24 April 2014

How to get to the Top (without actually having to work for it)

[Part 5 of 10, Free Market VS Capitalism essay series.  Part 1 here]


Pro-capitalists generally take it as a given that anything someone has they must have earned, and therefor must deserve.
Of the 20 wealthiest people in the world, 1/2 of them inherited their snowballs.  At best, they get credit for keeping it rolling, for not finding a way to stop it, but they got it already large, already moving.
More to the point, nobody actually creates a truly massive snowball of wealth by their own productivity.
Nobody has ever gotten to the top 0.01% via hourly wages.  One would have to average $25,000 per hour for an entire full-time working lifetime in order to actually earn a billion dollars.
Nobody gets 0.01% rich on salary either - not even CEO or sports legend level salary. 
For the most part CEOs of successful companies are still just in the relatively lowly 1%, maybe the top half a percent.


The most reliable way to get even just to the 0.1% is setting up conditions so that you make money without having to work for it: rent, investment dividends, royalties - or, of course, just having employees.
Acquiring a disproportionate amount of world resources tends to involve one or more of the following - lending out existing capital so that other people give you a percentage of their own labor productivity, or producing something with low marginal cost (something cheap to reproduce) that can be widely distributed - music, movies, sports, software.

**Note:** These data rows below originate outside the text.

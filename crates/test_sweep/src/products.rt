// A multiplier whose diagram is too large, beside the same with exchanged operands, and with other adders.
use crate::pairs::{Found, Pair, compared};
use aq_base::Memory;
use circuit::Gate;
use decide::DecideRefusal;
use std::alloc::Global;
use std::test::Fail;

// How many bits a factor has.
const BITS: u32 = 16;

// The number of the gate that gives false, after the inputs.
const ZERO: u32 = 2 * BITS;

// How the gates are made: each majority has its operands in the one order or in the other, or each sum is made of two
// exclusive ors in place of majorities.
#[derive(Clone, Copy, PartialEq, Eq)]
enum Form {
    Plain,
    Turned,
    Exclusive,
}

// Gates that grow.
#[derive(Drop)]
struct Maker {
    gates: Vec<Gate>,
    form: Form,
}

// The number of the last gate.
fn last(gates: &[Gate]) -> u32 {
    u32::try_from(gates.len()).unwrap_or(1).saturating_sub(1)
}

impl Maker {
    // The number of a new inverter.
    fn inverter(&mut self, x: u32) -> Result<u32, Memory> {
        self.gates.push(Gate::Inv(x))?;
        Ok(last(&self.gates))
    }

    // The number of a new majority.
    fn majority(&mut self, x: u32, y: u32, z: u32) -> Result<u32, Memory> {
        let gate = if self.form == Form::Turned {
            Gate::Maj(z, y, x)
        } else {
            Gate::Maj(x, y, z)
        };
        self.gates.push(gate)?;
        Ok(last(&self.gates))
    }

    // The numbers of a new and, and of a new exclusive or.
    fn exclusive(&mut self, x: u32, y: u32) -> Result<(u32, u32), Memory> {
        let one = self.inverter(ZERO)?;
        let both = self.majority(x, y, ZERO)?;
        let either = self.majority(x, y, one)?;
        let not_both = self.inverter(both)?;
        Ok((both, self.majority(either, not_both, ZERO)?))
    }

    // The numbers of the sum and of the carry of three gates.
    fn sum(&mut self, x: u32, y: u32, z: u32) -> Result<(u32, u32), Memory> {
        if self.form == Form::Exclusive {
            let (low, half) = self.exclusive(x, y)?;
            let (high, sum) = self.exclusive(half, z)?;
            let one = self.inverter(ZERO)?;
            return Ok((sum, self.majority(low, high, one)?));
        }
        let carry = self.majority(x, y, z)?;
        let no_carry = self.inverter(carry)?;
        let no_last = self.inverter(z)?;
        let first = self.majority(x, y, no_last)?;
        let sum = self.majority(no_carry, first, z)?;
        Ok((sum, carry))
    }
}

// Adds the second factor to the sums where the first one has this bit.
fn add_row(maker: &mut Maker, sums: &mut [u32], row: u32) -> Result<(), Memory> {
    let mut carry = ZERO;
    for bit in 0..BITS {
        let place = row.saturating_add(bit) as usize;
        let product = maker.majority(row, BITS + bit, ZERO)?;
        let old = sums.get(place).copied().unwrap_or(ZERO);
        let (sum, above) = maker.sum(old, product, carry)?;
        if place < sums.len() {
            sums[place] = sum;
        }
        carry = above;
    }
    let place = row.saturating_add(BITS) as usize;
    if place < sums.len() {
        sums[place] = carry;
    }
    Ok(())
}

// Makes the gates of a multiplier.
fn add_gates(maker: &mut Maker, sums: &mut [u32]) -> Result<(), Memory> {
    for input in 0..ZERO {
        maker.gates.push(Gate::Input(input))?;
    }
    maker.gates.push(Gate::Zero)?;
    for row in 0..BITS {
        add_row(maker, sums, row)?;
    }
    Ok(())
}

// A multiplier beside gates and outputs of another.
fn beside(
    alloc: Global,
    gates: &[Gate],
    outputs: &[u32],
    form: Form,
) -> Result<Option<(Found, bool)>, DecideRefusal> {
    let mut maker = Maker {
        gates: Vec::new(alloc),
        form,
    };
    let mut sums = [ZERO; 32];
    add_gates(&mut maker, &mut sums)?;
    let pair = Pair {
        inputs: ZERO,
        gates,
        outputs,
        other_gates: &maker.gates,
        other_outputs: &sums,
    };
    compared(alloc, pair)
}

// A multiplier beside the same in another form.
fn multipliers(alloc: Global, form: Form) -> Result<Option<(Found, bool)>, DecideRefusal> {
    let mut maker = Maker {
        gates: Vec::new(alloc),
        form: Form::Plain,
    };
    let mut sums = [ZERO; 32];
    add_gates(&mut maker, &mut sums)?;
    beside(alloc, &maker.gates, &sums, form)
}

// What is found of them.
fn is_found(alloc: Global, form: Form, is_alike: bool) -> Result<bool, DecideRefusal> {
    match multipliers(alloc, form)? {
        None => Ok(false),
        Some((found, _)) => Ok(found.is_alike == is_alike && found.is_decided && found.is_equal),
    }
}

// Their diagram would have far more nodes than there may be.
#[test]
fn multipliers_of_sixteen_bits(rt: HostRuntime) -> Result<(), Fail> {
    assert!(rt; is_found(rt.alloc(), Form::Turned, true)?);
    assert!(rt; is_found(rt.alloc(), Form::Exclusive, false)?);
    Ok(())
}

I'll come back to the second later.
Pro-capitalists generally justify investment returns on the grounds that the person paying the interest is benefiting from the use of capital that they didn't have to save up on their own.

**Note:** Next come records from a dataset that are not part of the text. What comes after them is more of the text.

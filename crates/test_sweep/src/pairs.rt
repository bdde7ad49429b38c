// Pairs of circuits, and what is found of them: by their structure, whether it is decided without their
// diagram, by the verdict, and by all words.
ghost use Rattle.std.specs.Prelude.{◌≡◌, length};

use aq_base::Memory;
use circuit::{Gate, answer_word};
use decide::{Cells, DecideRefusal, Verdict};
use sat_sweep::{are_structurally_equal, swept_verdict, verdict};
use std::alloc::Global;
use test_fixtures::{checked_cells, numbered_word};

// Whether two circuits answer a word alike.
fn agree_at(alloc: Global, one: &Cells, other: &Cells, number: u32) -> Result<bool, Memory>
    requires { other.now.inputs ≡ one.now.inputs }
{
    let word = numbered_word(alloc, one.inputs, number)?;
    let answer = answer_word(alloc, one, &word)?;
    Ok(answer == answer_word(alloc, other, &word)?)
}

// Whether two circuits of fewer than 16 inputs answer all words alike, and two of 32 the word of zeros.
fn agree(alloc: Global, one: &Cells, other: &Cells) -> Result<bool, Memory>
    requires { other.now.inputs ≡ one.now.inputs }
{
    for number in 0..1_u32 << (one.inputs % 16) {
        if !agree_at(alloc, one, other, number)? {
            return Ok(false);
        }
    }
    Ok(true)
}

// Two circuits of so many inputs: their gates and outputs.
#[derive(Clone, Copy)]
pub struct Pair<'a> {
    pub inputs: u32,
    pub gates: &'a [Gate],
    pub outputs: &'a [u32],
    pub other_gates: &'a [Gate],
    pub other_outputs: &'a [u32],
}

// What is found of a pair.
#[derive(Clone, Copy, PartialEq, Eq)]
pub struct Found {
    pub is_alike: bool,
    pub is_decided: bool,
    pub is_equal: bool,
}

// What is found of two circuits.
fn findings(alloc: Global, one: &Cells, other: &Cells) -> Result<Found, DecideRefusal>
    requires inputs { other.now.inputs ≡ one.now.inputs }
    requires outputs { length other.now.outputs ≡ length one.now.outputs }
{
    let is_alike = are_structurally_equal(alloc, one, other)?;
    let is_decided = swept_verdict(alloc, one, other)?.is_some();
    let is_equal = matches!(verdict(alloc, one, other)?, Verdict::Equal);
    Ok(Found {
        is_alike,
        is_decided,
        is_equal,
    })
}

// What is found of two circuits, and whether they answer all words alike.
fn judged(alloc: Global, one: &Cells, other: &Cells) -> Result<(Found, bool), DecideRefusal>
    requires inputs { other.now.inputs ≡ one.now.inputs }
    requires outputs { length other.now.outputs ≡ length one.now.outputs }
{
    let found = findings(alloc, one, other)?;
    let agree = agree(alloc, one, other)?;
    Ok((found, agree))
}

// The same of a circuit and another with its counts, where the other is one.
fn beside(
    alloc: Global,
    one: &Cells,
    gates: &[Gate],
    outputs: &[u32],
) -> Result<Option<(Found, bool)>, DecideRefusal>
    requires { length outputs.now ≡ length one.now.outputs }
{
    let Some(other) = checked_cells(alloc, one.inputs, gates, outputs)? else {
        return Ok(None);
    };
    Ok(Some(judged(alloc, one, &other)?))
}

// The same of a pair, where both are circuits.
pub fn compared(alloc: Global, pair: Pair) -> Result<Option<(Found, bool)>, DecideRefusal> {
    if pair.outputs.len() != pair.other_outputs.len() {
        return Ok(None);
    }
    let Some(one) = checked_cells(alloc, pair.inputs, pair.gates, pair.outputs)? else {
        return Ok(None);
    };
    beside(alloc, &one, pair.other_gates, pair.other_outputs)
}
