// The refusals of a job: on lent cells, at the begin of one with none lent, and of one under way.
#![tactic(auto)]

mod refusal;

pub use refusal::{check_begin, check_job, check_standing, check_standing_on};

But that argument is circular.
If some people weren't hoarding all the wealth to begin with, there would be more left over to go around, and people wouldn't need to borrow so much in the first place.
Imagine if a rich man moves into a tiny country and buys the entire nation's mining land. 

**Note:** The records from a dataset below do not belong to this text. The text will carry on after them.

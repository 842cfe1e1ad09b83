// The refusals of a job, in document 01's order.
ghost use Rattle.std.specs.Prelude.{◌≡◌, ◌+◌, ◌≤◌, leb, IfOk, OnOk};
ghost use Rattle.parts.specs.Refused.{answer_of};
ghost use Rattle.parts.specs.Table.{row_of, told_row};
ghost use Rattle.request.specs.Refusal.{begin_refusal, job_refusal, meets, protection_refusal, range_refusal, request_refusal, sectors_refusal, standing_on, standing_refusal};

use parts::{Refusal, Row, Span};

// Whether count cells from first on lie within so many cells.
#[tactic(auto, using(parts::proofs::Rules::tests))]
fn lies_within(cells: usize, first: usize, count: usize) -> bool
    ensures { result ≡ leb (first + count) cells }
{
    count <= cells && first <= cells - count
}

// Whether count cells from first on hold one of a range.
#[tactic(auto, unfolding(crate::specs::Refusal::meets), using(parts::proofs::Rules::tests))]
fn meets_range(s: Span, first: usize, count: usize) -> bool
    requires { first + count ≤ 4294967296 }
    ensures { result ≡ meets s first count }
{
    let from = s.first as usize;
    0 < count && first < from + s.count as usize && from < first + count
}

// The refusal of a range that WP# protects.
#[tactic(auto, unfolding(crate::specs::Refusal::protection_refusal))]
fn check_protection(row: Row, first: usize, count: usize, wp: bool) -> Result<(), Refusal>
    requires { first + count ≤ 4294967296 }
    ensures { answer_of result ≡ protection_refusal row first count wp }
{
    if wp {
        return Ok(());
    }
    if meets_range(row.protected_range(), first, count) {
        return Err(Refusal::Protected);
    }
    Ok(())
}

// The refusal of a range: 6, 7.
#[tactic(auto, unfolding(crate::specs::Refusal::sectors_refusal), using(parts::proofs::Rules::tests, parts::proofs::Ranges::size))]
fn check_sectors(row: Row, first: usize, count: usize) -> Result<(), Refusal>
    ensures answer { answer_of result ≡ sectors_refusal row first count }
    ensures within { OnOk result (first + count ≤ row.cells) }
{
    let size = row.sector_size() as usize;
    if 0 < first % size {
        return Err(Refusal::NotSectors);
    }
    if 0 < count % size {
        return Err(Refusal::NotSectors);
    }
    if !lies_within(row.cells as usize, first, count) {
        return Err(Refusal::PastCells);
    }
    Ok(())
}

// The refusal of a range and an image: 6, 7, 8, 9.
#[tactic(auto, unfolding(crate::specs::Refusal::range_refusal), using(parts::proofs::Told::refused))]
fn check_range(row: Row, first: u32, image: &[u16], wp: bool) -> Result<(), Refusal>
    ensures { answer_of result ≡ range_refusal row first image.now wp }
{
    let from = first as usize;
    let count = image.len();
    check_sectors(row, from, count)?;
    if !values::all_fit(row.width, image) {
        return Err(Refusal::WideImage);
    }
    check_protection(row, from, count, wp)
}

// The refusal of what is asked of a part: 10, 6, 7, 8, 9.
fn check_request(row: Row, first: u32, image: &[u16], wp: bool, p: u32) -> Result<(), Refusal>
    ensures { answer_of result ≡ request_refusal row first image.now wp p }
{
    if !parts::is_interval(p) {
        return Err(Refusal::BadInterval);
    }
    check_range(row, first, image, wp)
}

// The row of a job's part, or the job's refusal: 1, 2, 10, 6, 7, 8, 9.
#[tactic(auto, unfolding(crate::specs::Refusal::job_refusal), using(parts::proofs::Told::refused, parts::proofs::Rules::tests))]
pub fn check_job(
    part: u32,
    lent: usize,
    first: u32,
    image: &[u16],
    wp: bool,
    p: u32,
) -> Result<Row, Refusal>
    ensures answer { answer_of result ≡ job_refusal part lent first image.now wp p }
    ensures row { IfOk result (λ r. r ≡ row_of part) }
{
    let row = table::part_row(part)?;
    if lent != row.cells as usize {
        return Err(Refusal::WrongCells);
    }
    check_request(row, first, image, wp, p)?;
    Ok(row)
}

// The same of a job to which no cells are lent: 1, 10, 6, 7, 8, 9.
#[tactic(auto, unfolding(crate::specs::Refusal::begin_refusal), using(parts::proofs::Told::refused))]
pub fn check_begin(part: u32, first: u32, image: &[u16], wp: bool, p: u32) -> Result<Row, Refusal>
    ensures answer { answer_of result ≡ begin_refusal part first image.now wp p }
    ensures row { IfOk result (λ r. r ≡ row_of part) }
{
    let known = table::part_row(part)?;
    check_request(known, first, image, wp, p)?;
    Ok(known)
}

// The same of a job under way on a part that was looked up, with no pass over its image: 1, 10, 6, 7, 9.
#[tactic(auto, using(parts::proofs::Told::refused))]
pub fn check_standing_on(
    found: Result<Row, Refusal>,
    first: u32,
    count: u32,
    wp: bool,
    p: u32,
) -> Result<Row, Refusal>
    ensures answer { answer_of result ≡ standing_on (told_row found) first count wp p }
    ensures row { IfOk result (λ r. r ≡ (told_row found).row) }
{
    let row = found?;
    if !parts::is_interval(p) {
        return Err(Refusal::BadInterval);
    }
    check_sectors(row, first as usize, count as usize)?;
    check_protection(row, first as usize, count as usize, wp)?;
    Ok(row)
}

// The same by the part's number.
#[tactic(auto, unfolding(crate::specs::Refusal::standing_refusal))]
pub fn check_standing(part: u32, first: u32, count: u32, wp: bool, p: u32) -> Result<Row, Refusal>
    ensures answer { answer_of result ≡ standing_refusal part first count wp p }
    ensures row { IfOk result (λ r. r ≡ row_of part) }
{
    check_standing_on(table::part_row(part), first, count, wp, p)
}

His miner's extract ore, it is delivered to his smelters and forges, and he builds all sorts of metal tools.
Then he opens tool rental places.  Anyone who wants to build anything has to rent all their tools from him.
He claims he deserves all the rental fees he gets, because he put down the capital investment in the mines and factories that create the tools.  But before he showed up, the metal ore was still there, the mines were a public good, and competition between lots of little tool makers kept prices competitive.  The fact that he rents the tools instead of selling keeps supply limited and his income high.
In short, if he weren't hoarding resources in the first place, people wouldn't be dependent on his capital.
Perhaps the best example of this is in land, which will be the topic of the next installment.